Your objective: Every line below that holds the string "true" should be copied out.
>>>>>
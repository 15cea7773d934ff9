//! A rectangle of cells with the chains of a layout.
use crate::tile::{BARE, Chain, Piece, Tile};
use bt_parts::{Cell, DIRS, Dir, Kind, Part, Rect, Tier};
use std::alloc::{AllocError, Global};

/// The chains that come to a splitter, and those that leave it.
#[derive(Clone, Copy)]
pub struct Joint {
    pub comes: (Option<Chain>, Option<Chain>),
    pub goes: (Option<Chain>, Option<Chain>),
}

/// The parts of a layout: its splitters with their numbers, and the others.
#[derive(Drop)]
pub struct Plan {
    pub splitters: Vec<(usize, Part)>,
    pub others: Vec<Part>,
}

/// A rectangle of cells with the chains of a layout.
#[derive(Drop)]
pub struct Board {
    pub width: usize,
    pub height: usize,
    pub tiles: Vec<Tile>,
    /// Of each splitter, by its number, its chains.
    pub joints: Vec<Joint>,
    /// How many chains there are.
    pub chains: usize,
    pub tier: Tier,
}

/// Two chains, with one more in the first place that is free. A third one takes the second's place.
fn with(chains: (Option<Chain>, Option<Chain>), chain: Chain) -> (Option<Chain>, Option<Chain>) {
    match chains.0 {
        None => (Some(chain), None),
        Some(_) => (chains.0, Some(chain)),
    }
}

/// The direction from a splitter's lesser half to its greater one.
pub fn aside(dir: Dir) -> Dir {
    match dir {
        Dir::North | Dir::South => Dir::East,
        Dir::East | Dir::West => Dir::South,
    }
}

impl Board {
    /// A rectangle without parts.
    pub fn bare(
        alloc: Global,
        width: usize,
        height: usize,
        tier: Tier,
    ) -> Result<Board, AllocError> {
        Ok(Board {
            width,
            height,
            tiles: vec![in alloc; BARE; width.saturating_mul(height)]?,
            joints: Vec::new(alloc),
            chains: 0,
            tier,
        })
    }

    /// The rectangle with the parts of a plan, and their chains.
    pub fn of(alloc: Global, rect: Rect, tier: Tier, plan: &Plan) -> Result<Board, AllocError> {
        let mut board = Board::bare(alloc, rect.width as usize, rect.height as usize, tier)?;
        let none = Joint {
            comes: (None, None),
            goes: (None, None),
        };
        board.joints = vec![in alloc; none; plan.splitters.len()]?;
        for part in &plan.others {
            board.put_piece(part.cell, Piece::of(part), None);
        }
        for (number, part) in &plan.splitters {
            board.put_piece(part.cell, Piece::of(part), Some(*number));
            let other = part.cell.next(aside(part.dir));
            board.put_piece(other, Piece::Greater(part.dir), Some(*number));
        }
        board.trace();
        Ok(board)
    }

    /// The place of a cell, where it lies in the rectangle.
    fn place_of(&self, cell: Cell) -> Option<usize> {
        let (x, y) = (usize::try_from(cell.x).ok()?, usize::try_from(cell.y).ok()?);
        if x < self.width && y < self.height {
            Some(y.saturating_mul(self.width).saturating_add(x))
        } else {
            None
        }
    }

    /// Puts a piece on a cell, with the number of its splitter where it is half of one. Does nothing where the cell
    /// lies outside.
    fn put_piece(&mut self, cell: Cell, piece: Piece, splitter: Option<usize>) {
        if let Some(place) = self.place_of(cell) {
            if let Some(tile) = self.tiles.get_mut(place) {
                tile.piece = piece;
                tile.splitter = splitter;
            }
        }
    }

    /// The tile at a place; a bare one where there is none.
    pub fn tile(&self, place: usize) -> Tile {
        self.tiles.get(place).copied().unwrap_or(BARE)
    }

    /// How far to the east and to the south a place lies.
    pub fn spot(&self, place: usize) -> (usize, usize) {
        let width = self.width.max(1);
        (place % width, place / width)
    }

    /// The place of a spot.
    pub fn place(&self, x: usize, y: usize) -> usize {
        y.saturating_mul(self.width).saturating_add(x)
    }

    /// The place of the neighbour in a direction; none where that lies outside.
    pub fn ahead(&self, place: usize, dir: Dir) -> Option<usize> {
        let (x, y) = self.spot(place);
        match dir {
            Dir::North if y > 0 => place.checked_sub(self.width),
            Dir::East if x.saturating_add(1) < self.width => Some(place.saturating_add(1)),
            Dir::South if y.saturating_add(1) < self.height => Some(place.saturating_add(
                self.width,
            )),
            Dir::West if x > 0 => place.checked_sub(1),
            _ => None,
        }
    }

    /// The greatest distance from an entrance to its exit.
    pub fn most_apart(&self) -> usize {
        (self.tier.reach() as usize).saturating_add(1)
    }

    /// How many cells aren't empty.
    pub fn filled(&self) -> usize {
        let mut filled = 0usize;
        for tile in &self.tiles {
            if tile.piece != Piece::Empty {
                filled = filled.saturating_add(1);
            }
        }
        filled
    }

    /// Notes for each cell the direction in which its piece takes what a neighbour hands on.
    fn feed(&mut self) {
        for place in 0..self.tiles.len() {
            if let Some(dir) = self.tile(place).piece.hands() {
                if let Some(next) = self.ahead(place, dir) {
                    if let Some(tile) = self.tiles.get_mut(next) {
                        if tile.piece.takes(dir) {
                            tile.from = Some(dir);
                        }
                    }
                }
            }
        }
    }

    /// Whether a chain begins at a place: at a belt or an entrance that nothing feeds, or at a half of a splitter in
    /// front of which something takes.
    fn begins(&self, place: usize) -> bool {
        let tile = self.tile(place);
        match tile.piece {
            Piece::Belt(_) | Piece::Entrance(_) => tile.from.is_none(),
            Piece::Lesser(dir) | Piece::Greater(dir) => self.taker(place, dir).is_some(),
            Piece::Empty | Piece::Exit(_) => false,
        }
    }

    /// Notes all chains.
    fn trace(&mut self) {
        self.feed();
        for place in 0..self.tiles.len() {
            if self.begins(place) {
                self.begin(place);
            }
        }
    }

    /// Notes the chain that begins at a place.
    fn begin(&mut self, place: usize) {
        let chain = self.chains;
        self.chains = chain.saturating_add(1);
        let tile = self.tile(place);
        match tile.splitter {
            Some(splitter) => {
                if let Some(joint) = self.joints.get_mut(splitter) {
                    joint.goes = with(joint.goes, chain);
                }
            }
            None => {
                if let Some(tile) = self.tiles.get_mut(place) {
                    tile.is_end = true;
                }
            }
        }
        let mut at = place;
        for _ in 0..self.tiles.len() {
            match self.follow(at, chain) {
                Some(next) => at = next,
                None => break,
            }
        }
    }

    /// Notes that a chain leaves a place. The place where it leaves next.
    fn follow(&mut self, place: usize, chain: Chain) -> Option<usize> {
        let tile = self.tiles.get_mut(place)?;
        tile.goes = Some(chain);
        match tile.piece {
            Piece::Entrance(dir) => self.dive(place, dir, chain),
            piece => self.pass(place, piece.hands()?, chain),
        }
    }

    /// Notes that a chain passes on to the neighbour in a direction, or ends here where that doesn't take it. The place
    /// where it leaves next; none where it ends or comes to a splitter.
    fn pass(&mut self, place: usize, dir: Dir, chain: Chain) -> Option<usize> {
        let Some(next) = self.taker(place, dir) else {
            if let Some(tile) = self.tiles.get_mut(place) {
                tile.is_end = true;
            }
            return None;
        };
        let tile = self.tiles.get_mut(next)?;
        tile.comes = Some(chain);
        match tile.splitter {
            Some(splitter) => {
                let joint = self.joints.get_mut(splitter)?;
                joint.comes = with(joint.comes, chain);
                None
            }
            None => Some(next),
        }
    }

    /// The place of the neighbour in a direction, where it takes what comes from here.
    fn taker(&self, place: usize, dir: Dir) -> Option<usize> {
        let next = self.ahead(place, dir)?;
        if self.tile(next).piece.takes(dir) {
            Some(next)
        } else {
            None
        }
    }

    /// Has belts that look in `dir` go on from an end in the direction `way`, to the border or the first cell that
    /// isn't empty.
    fn lead(&mut self, place: usize, way: Dir, dir: Dir) {
        let mut at = place;
        for _ in 0..self.tiles.len() {
            let Some(next) = self.ahead(at, way) else {
                break;
            };
            match self.tiles.get_mut(next) {
                Some(tile) if tile.piece == Piece::Empty => tile.piece = Piece::Belt(dir),
                _ => break,
            }
            at = next;
        }
    }

    /// Has belts lead on from all ends to the border, as far as cells are empty.
    pub fn lead_out(&mut self) {
        for place in 0..self.tiles.len() {
            let tile = self.tile(place);
            match (tile.piece, tile.from) {
                (Piece::Belt(dir), None) | (Piece::Entrance(dir), None) if tile.is_end => {
                    self.lead(place, dir.opposite(), dir);
                }
                _ => {}
            }
            if let Some(dir) = tile.piece.hands() {
                if tile.is_end {
                    self.lead(place, dir, dir);
                }
            }
        }
    }

    /// Notes that a chain goes down at a place. The place of its exit; none where none is in reach.
    fn dive(&mut self, place: usize, dir: Dir, chain: Chain) -> Option<usize> {
        let mut at = place;
        for _ in 0..self.most_apart() {
            at = self.ahead(at, dir)?;
            let tile = self.tiles.get_mut(at)?;
            tile.below.put(dir, Some(chain));
            if tile.piece == Piece::Exit(dir) {
                return Some(at);
            }
        }
        None
    }

    /// Whether what leaves a place in a direction, above or below the ground, isn't what comes to its neighbour there.
    /// Over the border only an end may leave, and nothing comes.
    pub fn is_apart(&self, place: usize, dir: Dir) -> bool {
        let tile = self.tile(place);
        match self.ahead(place, dir) {
            Some(next) => {
                let other = self.tile(next);
                let faces = tile.piece.hands() == Some(dir) && tile.goes.is_none();
                tile.out(dir) != other.into(dir)
                    || tile.down(dir) != other.below.get(dir)
                    || faces && other.piece.takes(dir)
            }
            None => {
                let back = dir.opposite();
                tile.out(dir).is_some() && !tile.is_end
                    || tile.down(dir).is_some()
                    || tile.into(back).is_some()
                    || tile.below.get(back).is_some()
            }
        }
    }

    /// Whether a half of a splitter stands at a place without its other half.
    pub fn is_torn(&self, place: usize) -> bool {
        let tile = self.tile(place);
        let (dir, wanted) = match tile.piece {
            Piece::Lesser(dir) => (aside(dir), Piece::Greater(dir)),
            Piece::Greater(dir) => (aside(dir).opposite(), Piece::Lesser(dir)),
            _ => return false,
        };
        match self.ahead(place, dir) {
            Some(next) => {
                let other = self.tile(next);
                other.piece != wanted || other.splitter != tile.splitter
            }
            None => true,
        }
    }

    /// For each place whether its cell doesn't fit its neighbours: what leads from one to the other breaks off, or a
    /// splitter lacks a half.
    pub fn damage(&self, alloc: Global) -> Result<Vec<bool>, AllocError> {
        let mut damaged = vec![in alloc; false; self.tiles.len()]?;
        for place in 0..self.tiles.len() {
            if self.is_torn(place) {
                mark(&mut damaged, Some(place));
            }
            for dir in &DIRS {
                if self.is_apart(place, *dir) {
                    mark(&mut damaged, Some(place));
                    mark(&mut damaged, self.ahead(place, *dir));
                }
            }
        }
        Ok(damaged)
    }

    /// The parts, with the numbers of splitters.
    pub fn plan(&self, alloc: Global) -> Result<Plan, AllocError> {
        let mut plan = Plan {
            splitters: Vec::new(alloc),
            others: Vec::new(alloc),
        };
        for place in 0..self.tiles.len() {
            self.add_part(&mut plan, place)?;
        }
        Ok(plan)
    }

    /// Adds the part at a place.
    fn add_part(&self, plan: &mut Plan, place: usize) -> Result<(), AllocError> {
        let tile = self.tile(place);
        let Some((kind, dir)) = tile.piece.kind() else {
            return Ok(());
        };
        let (x, y) = self.spot(place);
        let cell = Cell {
            x: i32::try_from(x).unwrap_or(0),
            y: i32::try_from(y).unwrap_or(0),
        };
        let part = Part {
            kind,
            tier: self.tier,
            dir,
            cell,
        };
        match tile.splitter {
            Some(number) if kind == Kind::Splitter => plan.splitters.push((number, part))?,
            _ => plan.others.push(part)?,
        }
        Ok(())
    }
}

/// Marks a place, where one is named.
pub fn mark(marks: &mut [bool], place: Option<usize>) {
    if let Some(place) = place {
        if let Some(mark) = marks.get_mut(place) {
            *mark = true;
        }
    }
}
<<<<<
Result below:
                    tile.is_end = true;
                tile.is_end = true;
            None => true,
            *mark = true;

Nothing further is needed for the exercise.